(Beginning of Input data)
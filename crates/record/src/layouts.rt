// The fields of each kind of body, in their order.
ghost use Rattle.std.specs.Prelude.{◌≡◌};
ghost use Rattle.record.specs.Layouts.{layout};

use crate::{FieldName, Side};
use delivery::Kind;
use territory::NumberingText;
use text::{Layer, TextField};

const ROAD: [FieldName; 24] = [
    FieldName::Identifier(Layer::Road),
    FieldName::Text(TextField::PreModifier),
    FieldName::Text(TextField::PreDirectional),
    FieldName::Text(TextField::PreType),
    FieldName::Text(TextField::PreSeparator),
    FieldName::Text(TextField::StreetName),
    FieldName::Text(TextField::PostType),
    FieldName::Text(TextField::PostDirectional),
    FieldName::Text(TextField::PostModifier),
    FieldName::SideText(Side::Left, TextField::County),
    FieldName::SideText(Side::Left, TextField::Municipality),
    FieldName::SideText(Side::Left, TextField::NumberPrefix),
    FieldName::Numbering(Side::Left, NumberingText::First),
    FieldName::Numbering(Side::Left, NumberingText::Second),
    FieldName::Numbering(Side::Left, NumberingText::Third),
    FieldName::SideText(Side::Right, TextField::County),
    FieldName::SideText(Side::Right, TextField::Municipality),
    FieldName::SideText(Side::Right, TextField::NumberPrefix),
    FieldName::Numbering(Side::Right, NumberingText::First),
    FieldName::Numbering(Side::Right, NumberingText::Second),
    FieldName::Numbering(Side::Right, NumberingText::Third),
    FieldName::DateUpdate,
    FieldName::Effective,
    FieldName::Expire,
];

const ALIAS: [FieldName; 11] = [
    FieldName::Identifier(Layer::Alias),
    FieldName::RoadIdentifier,
    FieldName::Text(TextField::PreModifier),
    FieldName::Text(TextField::PreDirectional),
    FieldName::Text(TextField::PreType),
    FieldName::Text(TextField::PreSeparator),
    FieldName::Text(TextField::StreetName),
    FieldName::Text(TextField::PostType),
    FieldName::Text(TextField::PostDirectional),
    FieldName::Text(TextField::PostModifier),
    FieldName::DateUpdate,
];

const POINT: [FieldName; 19] = [
    FieldName::Identifier(Layer::AddressPoint),
    FieldName::RoadIdentifier,
    FieldName::Text(TextField::PreModifier),
    FieldName::Text(TextField::PreDirectional),
    FieldName::Text(TextField::PreType),
    FieldName::Text(TextField::PreSeparator),
    FieldName::Text(TextField::StreetName),
    FieldName::Text(TextField::PostType),
    FieldName::Text(TextField::PostDirectional),
    FieldName::Text(TextField::PostModifier),
    FieldName::Text(TextField::County),
    FieldName::Text(TextField::Municipality),
    FieldName::Text(TextField::NumberPrefix),
    FieldName::Place,
    FieldName::Text(TextField::NumberSuffix),
    FieldName::Text(TextField::Unit),
    FieldName::DateUpdate,
    FieldName::Effective,
    FieldName::Expire,
];

const ROAD_RETIREMENT: [FieldName; 2] = [FieldName::Identifier(Layer::Road), FieldName::Retirement];

const POINT_RETIREMENT: [FieldName; 2] = [
    FieldName::Identifier(Layer::AddressPoint),
    FieldName::Retirement,
];

/// The fields that a body of the kind has, in their order.
pub(crate) fn layout(kind: Kind) -> &'static [FieldName]
    ensures { result.now ≡ layout kind }
{
    match kind {
        Kind::Road => &ROAD,
        Kind::Alias => &ALIAS,
        Kind::Point => &POINT,
        Kind::RoadRetirement => &ROAD_RETIREMENT,
        Kind::PointRetirement => &POINT_RETIREMENT,
    }
}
(End of Input data)
▶ **Exercise requirements**:
Could you return all of the data exactly as written?

▶ **Written reply**:
filename crates/record/src/layouts.rt
// The fields of each kind of body, in their order.
ghost use Rattle.std.specs.Prelude.{◌≡◌};
ghost use Rattle.record.specs.Layouts.{layout};

use crate::{FieldName, Side};
use delivery::Kind;
use territory::NumberingText;
use text::{Layer, TextField};

const ROAD: [FieldName; 24] = [
    FieldName::Identifier(Layer::Road),
    FieldName::Text(TextField::PreModifier),
    FieldName::Text(TextField::PreDirectional),
    FieldName::Text(TextField::PreType),
    FieldName::Text(TextField::PreSeparator),
    FieldName::Text(TextField::StreetName),
    FieldName::Text(TextField::PostType),
    FieldName::Text(TextField::PostDirectional),
    FieldName::Text(TextField::PostModifier),
    FieldName::SideText(Side::Left, TextField::County),
    FieldName::SideText(Side::Left, TextField::Municipality),
    FieldName::SideText(Side::Left, TextField::NumberPrefix),
    FieldName::Numbering(Side::Left, NumberingText::First),
    FieldName::Numbering(Side::Left, NumberingText::Second),
    FieldName::Numbering(Side::Left, NumberingText::Third),
    FieldName::SideText(Side::Right, TextField::County),
    FieldName::SideText(Side::Right, TextField::Municipality),
    FieldName::SideText(Side::Right, TextField::NumberPrefix),
    FieldName::Numbering(Side::Right, NumberingText::First),
    FieldName::Numbering(Side::Right, NumberingText::Second),
    FieldName::Numbering(Side::Right, NumberingText::Third),
    FieldName::DateUpdate,
    FieldName::Effective,
    FieldName::Expire,
];

const ALIAS: [FieldName; 11] = [
    FieldName::Identifier(Layer::Alias),
    FieldName::RoadIdentifier,
    FieldName::Text(TextField::PreModifier),
    FieldName::Text(TextField::PreDirectional),
    FieldName::Text(TextField::PreType),
    FieldName::Text(TextField::PreSeparator),
    FieldName::Text(TextField::StreetName),
    FieldName::Text(TextField::PostType),
    FieldName::Text(TextField::PostDirectional),
    FieldName::Text(TextField::PostModifier),
    FieldName::DateUpdate,
];

const POINT: [FieldName; 19] = [
    FieldName::Identifier(Layer::AddressPoint),
    FieldName::RoadIdentifier,
    FieldName::Text(TextField::PreModifier),
    FieldName::Text(TextField::PreDirectional),
    FieldName::Text(TextField::PreType),
    FieldName::Text(TextField::PreSeparator),
    FieldName::Text(TextField::StreetName),
    FieldName::Text(TextField::PostType),
    FieldName::Text(TextField::PostDirectional),
    FieldName::Text(TextField::PostModifier),
    FieldName::Text(TextField::County),
    FieldName::Text(TextField::Municipality),
    FieldName::Text(TextField::NumberPrefix),
    FieldName::Place,
    FieldName::Text(TextField::NumberSuffix),
    FieldName::Text(TextField::Unit),
    FieldName::DateUpdate,
    FieldName::Effective,
    FieldName::Expire,
];

const ROAD_RETIREMENT: [FieldName; 2] = [FieldName::Identifier(Layer::Road), FieldName::Retirement];

const POINT_RETIREMENT: [FieldName; 2] = [
    FieldName::Identifier(Layer::AddressPoint),
    FieldName::Retirement,
];

/// The fields that a body of the kind has, in their order.
pub(crate) fn layout(kind: Kind) -> &'static [FieldName]
    ensures { result.now ≡ layout kind }
{
    match kind {
        Kind::Road => &ROAD,
        Kind::Alias => &ALIAS,
        Kind::Point => &POINT,
        Kind::RoadRetirement => &ROAD_RETIREMENT,
        Kind::PointRetirement => &POINT_RETIREMENT,
    }
}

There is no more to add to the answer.